(RECORDS FOR PROCESSING)

[Start of section]

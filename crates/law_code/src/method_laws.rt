//! Laws of the definitions of methods, and of the platform's tokens.
ghost use Rattle.law_code.specs.MethodLaws.{HaveBytes, HaveMethods, HaveNoCode, RunTheirMethods, ArePlain};

/// Among packages that were linked, each onto those before it, what a call by token, one by interface and one
/// of a superclass's method find of the platform is a method of the receiver's class, by the first two no
/// static one; what an entry for virtual calls names of the platform is a method of each class below its own; above Object is no
/// class; and there are no more packages than a card can have.
pub fn linked_packages_know_their_methods()
    ensures { HaveMethods }
{}

/// Among packages that were linked, each onto those before it, a virtual call on an instance of a class finds the method that
/// the instance's class has by the call's token, though it begins with the one that linking found for the class that its entry names.
pub fn virtual_calls_run_the_method_of_their_receiver()
    ensures { RunTheirMethods }
{}

/// Among packages that were linked, each onto those before it, a call on an instance of one of the platform's
/// classes, by token, by interface or by an entry, finds no method in bytecode.
pub fn classes_of_the_platform_have_no_code()
    ensures { HaveNoCode }
{}

/// Where reading a text answers a platform table, the token of each class is one byte.
pub fn platform_tokens_are_bytes()
    ensures { HaveBytes }
{}

/// Where a text without the line `extended` is read as a platform table, the table has no name but those that each
/// table has: no class and no method of the second list, nor another package. Random data are made from zeros.
pub fn tables_without_the_line_have_no_further_names()
    ensures { ArePlain }
{}
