// Whether the last whole block is held back, since a padding may stand in it.
fn holds_back(direction: Direction, padding: Padding) -> bool
    ensures { result ≡ holds_back direction padding }
{
    match direction {
        Direction::Encrypt => false,
        Direction::Decrypt => match padding {
            Padding::NoPadding => false,
            Padding::Method1 | Padding::Method2 | Padding::Pkcs5 => true,
        },
    }
}

// ---- states, whatever the mode

// Reads a state: the chaining block, the open block, and how many bytes of that came.
fn read_state(vector: &[u8], state: &[u8], chain: &mut [u8], block: &mut [u8]) -> usize
    requires state { length state.now ≡ 2 + 2 * length vector.now }
    requires chain { length chain.old ≡ length vector.now }
    requires block { length block.old ≡ length vector.now }
    ensures chain { chain.new ≡ chain_in (length vector.now) vector.now state.now }
    ensures rest { take result block.new ≡ open_in (length vector.now) state.now }
    ensures used { result ≡ length (open_in (length vector.now) state.now) }
    ensures few { result ≤ length vector.now }
{
    let size = vector.len();
    if state[0] == 0 {
        chain.copy_from_slice(vector);
    } else {
        chain.copy_from_slice(&state[2..2 + size]);
    }
    block.copy_from_slice(&state[2 + size..]);
    usize::from(state[1]).min(size)
}

// Writes the state of a chaining block and of the first bytes of an open block.
fn put_state(chain: &[u8], block: &[u8], used: usize, state: &mut [u8])
    requires chain { length chain.now ≡ length block.now }
    requires state { length state.old ≡ 2 + 2 * length block.now }
    requires used { used ≤ length block.now }
    requires few { length block.now ≤ MOST_BLOCK }
    ensures { state.new ≡ state_of (length block.now) chain.now (take used block.now) }
{
    let size = block.len();
    put(state, 0, &[1, used as u8]);
    put(state, 2, chain);
    put(state, 2 + size, &block[..used]);
    clear_from(state, 2 + size + used);
}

[End of section]

(TASK STATEMENT) Could you restate word for word the lines above, from the one that contains "first two no" through the one that contains "pub fn platform_tokens_are_bytes()", and no others?

(RESPONSE TO THE TASK)
/// of a superclass's method find of the platform is a method of the receiver's class, by the first two no
/// static one; what an entry for virtual calls names of the platform is a method of each class below its own; above Object is no
/// class; and there are no more packages than a card can have.
pub fn linked_packages_know_their_methods()
    ensures { HaveMethods }
{}

/// Among packages that were linked, each onto those before it, a virtual call on an instance of a class finds the method that
/// the instance's class has by the call's token, though it begins with the one that linking found for the class that its entry names.
pub fn virtual_calls_run_the_method_of_their_receiver()
    ensures { RunTheirMethods }
{}

/// Among packages that were linked, each onto those before it, a call on an instance of one of the platform's
/// classes, by token, by interface or by an entry, finds no method in bytecode.
pub fn classes_of_the_platform_have_no_code()
    ensures { HaveNoCode }
{}

/// Where reading a text answers a platform table, the token of each class is one byte.
pub fn platform_tokens_are_bytes()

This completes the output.